_YOUR ASSIGNMENT_
Pick out every line of the entries below where "capacity" occurs, and copy those lines.

_PROVIDED RECORDS_
Content starts
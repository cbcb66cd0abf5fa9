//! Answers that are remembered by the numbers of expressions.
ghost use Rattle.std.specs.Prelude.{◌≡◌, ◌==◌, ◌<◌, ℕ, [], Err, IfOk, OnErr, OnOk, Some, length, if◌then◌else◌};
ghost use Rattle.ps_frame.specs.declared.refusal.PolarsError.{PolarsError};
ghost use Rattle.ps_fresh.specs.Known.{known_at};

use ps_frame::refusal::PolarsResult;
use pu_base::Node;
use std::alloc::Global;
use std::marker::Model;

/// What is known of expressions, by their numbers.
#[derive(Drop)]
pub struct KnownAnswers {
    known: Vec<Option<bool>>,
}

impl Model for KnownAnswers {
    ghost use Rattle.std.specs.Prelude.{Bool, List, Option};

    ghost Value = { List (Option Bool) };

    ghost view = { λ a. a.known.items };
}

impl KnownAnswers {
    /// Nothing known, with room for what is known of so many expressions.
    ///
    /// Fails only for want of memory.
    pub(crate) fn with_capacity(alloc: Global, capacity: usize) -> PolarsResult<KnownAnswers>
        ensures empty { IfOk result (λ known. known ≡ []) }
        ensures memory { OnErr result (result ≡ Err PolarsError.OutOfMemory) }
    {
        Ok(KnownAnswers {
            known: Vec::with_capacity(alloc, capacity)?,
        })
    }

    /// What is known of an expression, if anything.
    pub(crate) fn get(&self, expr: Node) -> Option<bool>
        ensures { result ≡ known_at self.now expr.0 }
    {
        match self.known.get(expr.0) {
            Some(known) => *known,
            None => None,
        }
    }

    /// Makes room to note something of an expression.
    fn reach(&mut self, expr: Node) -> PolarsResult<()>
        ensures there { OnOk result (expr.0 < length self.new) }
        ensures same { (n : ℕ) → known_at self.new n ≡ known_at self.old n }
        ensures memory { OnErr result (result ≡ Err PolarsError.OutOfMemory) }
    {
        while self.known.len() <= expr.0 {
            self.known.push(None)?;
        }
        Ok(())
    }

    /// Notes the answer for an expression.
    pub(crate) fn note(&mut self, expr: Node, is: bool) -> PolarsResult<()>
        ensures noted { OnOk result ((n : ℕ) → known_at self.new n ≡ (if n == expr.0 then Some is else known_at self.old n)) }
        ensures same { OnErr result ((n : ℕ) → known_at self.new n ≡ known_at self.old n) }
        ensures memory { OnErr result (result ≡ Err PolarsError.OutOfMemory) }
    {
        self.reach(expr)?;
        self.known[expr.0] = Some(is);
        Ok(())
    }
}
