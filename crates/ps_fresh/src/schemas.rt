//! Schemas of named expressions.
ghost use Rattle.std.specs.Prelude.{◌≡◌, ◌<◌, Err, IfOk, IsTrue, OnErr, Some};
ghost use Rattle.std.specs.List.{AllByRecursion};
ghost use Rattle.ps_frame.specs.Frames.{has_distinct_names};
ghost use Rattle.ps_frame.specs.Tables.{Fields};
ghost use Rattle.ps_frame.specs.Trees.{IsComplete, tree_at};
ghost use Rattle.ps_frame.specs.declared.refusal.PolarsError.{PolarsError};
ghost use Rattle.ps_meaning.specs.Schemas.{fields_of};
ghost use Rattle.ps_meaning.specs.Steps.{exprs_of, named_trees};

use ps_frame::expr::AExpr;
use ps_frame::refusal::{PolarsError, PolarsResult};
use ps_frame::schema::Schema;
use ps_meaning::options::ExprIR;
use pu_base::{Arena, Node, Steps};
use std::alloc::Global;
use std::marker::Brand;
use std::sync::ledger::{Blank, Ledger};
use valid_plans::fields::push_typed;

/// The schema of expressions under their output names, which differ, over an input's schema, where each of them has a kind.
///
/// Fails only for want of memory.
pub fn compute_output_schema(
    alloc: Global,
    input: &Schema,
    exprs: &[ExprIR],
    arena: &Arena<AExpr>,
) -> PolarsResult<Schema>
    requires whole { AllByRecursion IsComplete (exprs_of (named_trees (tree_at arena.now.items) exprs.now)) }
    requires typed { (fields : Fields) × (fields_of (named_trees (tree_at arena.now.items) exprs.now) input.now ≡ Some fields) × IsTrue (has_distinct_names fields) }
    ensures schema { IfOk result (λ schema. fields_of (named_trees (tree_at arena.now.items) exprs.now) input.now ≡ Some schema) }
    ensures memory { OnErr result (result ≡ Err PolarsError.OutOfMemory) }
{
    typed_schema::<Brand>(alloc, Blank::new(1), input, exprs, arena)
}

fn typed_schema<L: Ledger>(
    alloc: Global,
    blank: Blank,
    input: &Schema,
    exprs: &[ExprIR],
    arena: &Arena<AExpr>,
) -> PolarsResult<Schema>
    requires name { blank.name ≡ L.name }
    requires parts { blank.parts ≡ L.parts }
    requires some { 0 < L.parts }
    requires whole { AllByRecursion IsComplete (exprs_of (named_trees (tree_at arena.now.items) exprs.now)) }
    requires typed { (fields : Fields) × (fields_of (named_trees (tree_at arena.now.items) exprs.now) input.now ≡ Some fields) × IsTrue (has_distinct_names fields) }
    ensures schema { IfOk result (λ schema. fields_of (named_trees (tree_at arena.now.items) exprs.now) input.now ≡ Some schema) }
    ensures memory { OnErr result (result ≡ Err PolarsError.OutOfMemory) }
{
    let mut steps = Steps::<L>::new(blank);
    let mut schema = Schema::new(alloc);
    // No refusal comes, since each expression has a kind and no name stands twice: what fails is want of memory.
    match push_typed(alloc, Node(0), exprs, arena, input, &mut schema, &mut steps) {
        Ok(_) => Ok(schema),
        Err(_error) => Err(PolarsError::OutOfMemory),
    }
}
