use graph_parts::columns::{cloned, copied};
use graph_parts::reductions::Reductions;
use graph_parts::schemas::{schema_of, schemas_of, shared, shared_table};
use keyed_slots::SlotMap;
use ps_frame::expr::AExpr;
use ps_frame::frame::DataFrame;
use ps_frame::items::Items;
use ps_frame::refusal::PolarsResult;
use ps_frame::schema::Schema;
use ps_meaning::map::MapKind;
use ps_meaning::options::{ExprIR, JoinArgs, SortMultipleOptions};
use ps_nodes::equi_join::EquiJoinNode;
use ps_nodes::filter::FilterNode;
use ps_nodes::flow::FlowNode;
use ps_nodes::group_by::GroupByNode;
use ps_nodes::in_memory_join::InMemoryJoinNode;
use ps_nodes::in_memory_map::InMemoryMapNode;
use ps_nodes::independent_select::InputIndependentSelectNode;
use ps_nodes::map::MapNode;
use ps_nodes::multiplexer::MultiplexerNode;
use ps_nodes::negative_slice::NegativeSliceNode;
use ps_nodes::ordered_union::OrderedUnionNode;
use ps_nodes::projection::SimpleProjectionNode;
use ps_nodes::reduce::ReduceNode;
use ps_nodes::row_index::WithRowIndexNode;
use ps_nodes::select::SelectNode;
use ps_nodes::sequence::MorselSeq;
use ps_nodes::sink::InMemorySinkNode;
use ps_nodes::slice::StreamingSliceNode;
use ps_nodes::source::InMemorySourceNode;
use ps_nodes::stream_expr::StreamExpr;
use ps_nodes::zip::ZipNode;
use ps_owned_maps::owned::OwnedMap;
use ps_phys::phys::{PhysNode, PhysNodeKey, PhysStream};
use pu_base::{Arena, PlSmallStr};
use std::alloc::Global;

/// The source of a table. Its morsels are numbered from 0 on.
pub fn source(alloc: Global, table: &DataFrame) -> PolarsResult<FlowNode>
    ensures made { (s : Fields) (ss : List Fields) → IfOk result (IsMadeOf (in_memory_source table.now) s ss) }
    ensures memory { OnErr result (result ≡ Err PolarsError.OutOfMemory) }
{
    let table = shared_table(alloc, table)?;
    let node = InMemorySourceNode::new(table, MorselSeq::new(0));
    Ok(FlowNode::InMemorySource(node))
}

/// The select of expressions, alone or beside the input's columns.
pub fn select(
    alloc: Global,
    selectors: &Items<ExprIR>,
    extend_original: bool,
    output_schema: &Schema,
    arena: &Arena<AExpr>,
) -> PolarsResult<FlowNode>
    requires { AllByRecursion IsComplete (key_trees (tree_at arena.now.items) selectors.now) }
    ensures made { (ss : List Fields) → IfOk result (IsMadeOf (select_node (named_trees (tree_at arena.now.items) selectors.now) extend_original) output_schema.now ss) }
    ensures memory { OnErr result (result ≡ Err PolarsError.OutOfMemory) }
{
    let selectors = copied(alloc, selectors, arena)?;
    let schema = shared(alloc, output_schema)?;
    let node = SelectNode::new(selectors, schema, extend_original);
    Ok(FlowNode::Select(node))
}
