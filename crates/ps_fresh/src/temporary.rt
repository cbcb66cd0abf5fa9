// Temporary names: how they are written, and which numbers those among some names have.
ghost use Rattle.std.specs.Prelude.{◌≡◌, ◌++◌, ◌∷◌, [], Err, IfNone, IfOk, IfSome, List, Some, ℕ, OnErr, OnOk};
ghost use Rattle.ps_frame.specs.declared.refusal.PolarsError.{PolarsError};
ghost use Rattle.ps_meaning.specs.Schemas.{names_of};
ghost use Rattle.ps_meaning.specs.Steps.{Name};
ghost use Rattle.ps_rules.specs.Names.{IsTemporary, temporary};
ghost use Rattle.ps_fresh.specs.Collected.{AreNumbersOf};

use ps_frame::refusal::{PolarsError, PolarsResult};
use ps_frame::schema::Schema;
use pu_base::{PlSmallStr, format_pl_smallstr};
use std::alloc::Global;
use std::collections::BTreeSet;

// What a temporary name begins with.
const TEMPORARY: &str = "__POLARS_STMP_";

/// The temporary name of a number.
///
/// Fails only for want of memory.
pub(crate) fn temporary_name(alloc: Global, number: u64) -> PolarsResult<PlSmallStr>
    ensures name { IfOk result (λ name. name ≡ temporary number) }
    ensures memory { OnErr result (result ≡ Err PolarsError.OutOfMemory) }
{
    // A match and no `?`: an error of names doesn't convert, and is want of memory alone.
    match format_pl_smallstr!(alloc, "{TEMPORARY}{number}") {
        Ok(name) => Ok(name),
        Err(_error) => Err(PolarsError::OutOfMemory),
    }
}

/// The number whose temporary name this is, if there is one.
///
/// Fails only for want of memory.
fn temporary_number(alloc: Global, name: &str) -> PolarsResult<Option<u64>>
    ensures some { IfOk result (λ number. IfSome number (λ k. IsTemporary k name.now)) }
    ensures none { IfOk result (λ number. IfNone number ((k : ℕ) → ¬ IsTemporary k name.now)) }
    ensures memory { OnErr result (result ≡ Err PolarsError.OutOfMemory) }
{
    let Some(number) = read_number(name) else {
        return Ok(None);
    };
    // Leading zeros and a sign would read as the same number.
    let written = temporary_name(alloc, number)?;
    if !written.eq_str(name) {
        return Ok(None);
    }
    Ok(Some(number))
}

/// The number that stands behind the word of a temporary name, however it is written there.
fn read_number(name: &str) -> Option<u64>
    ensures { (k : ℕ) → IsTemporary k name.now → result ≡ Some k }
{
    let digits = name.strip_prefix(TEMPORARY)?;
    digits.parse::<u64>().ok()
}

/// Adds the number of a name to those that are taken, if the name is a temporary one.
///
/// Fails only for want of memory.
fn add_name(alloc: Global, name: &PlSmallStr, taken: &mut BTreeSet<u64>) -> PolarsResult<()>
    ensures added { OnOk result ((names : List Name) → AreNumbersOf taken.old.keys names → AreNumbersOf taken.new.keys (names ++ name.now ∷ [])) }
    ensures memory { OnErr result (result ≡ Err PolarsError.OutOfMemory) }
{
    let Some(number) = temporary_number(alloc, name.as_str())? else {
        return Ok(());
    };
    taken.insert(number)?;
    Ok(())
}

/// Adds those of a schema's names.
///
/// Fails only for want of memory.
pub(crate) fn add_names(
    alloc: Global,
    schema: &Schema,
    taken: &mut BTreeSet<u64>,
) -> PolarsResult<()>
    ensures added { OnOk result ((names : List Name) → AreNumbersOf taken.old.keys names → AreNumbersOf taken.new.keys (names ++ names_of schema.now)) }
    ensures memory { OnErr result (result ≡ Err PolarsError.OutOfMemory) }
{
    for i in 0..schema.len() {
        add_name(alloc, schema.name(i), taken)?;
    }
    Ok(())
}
Content ends
_SOLUTION TO THE EXERCISE_
    pub(crate) fn with_capacity(alloc: Global, capacity: usize) -> PolarsResult<KnownAnswers>
            known: Vec::with_capacity(alloc, capacity)?,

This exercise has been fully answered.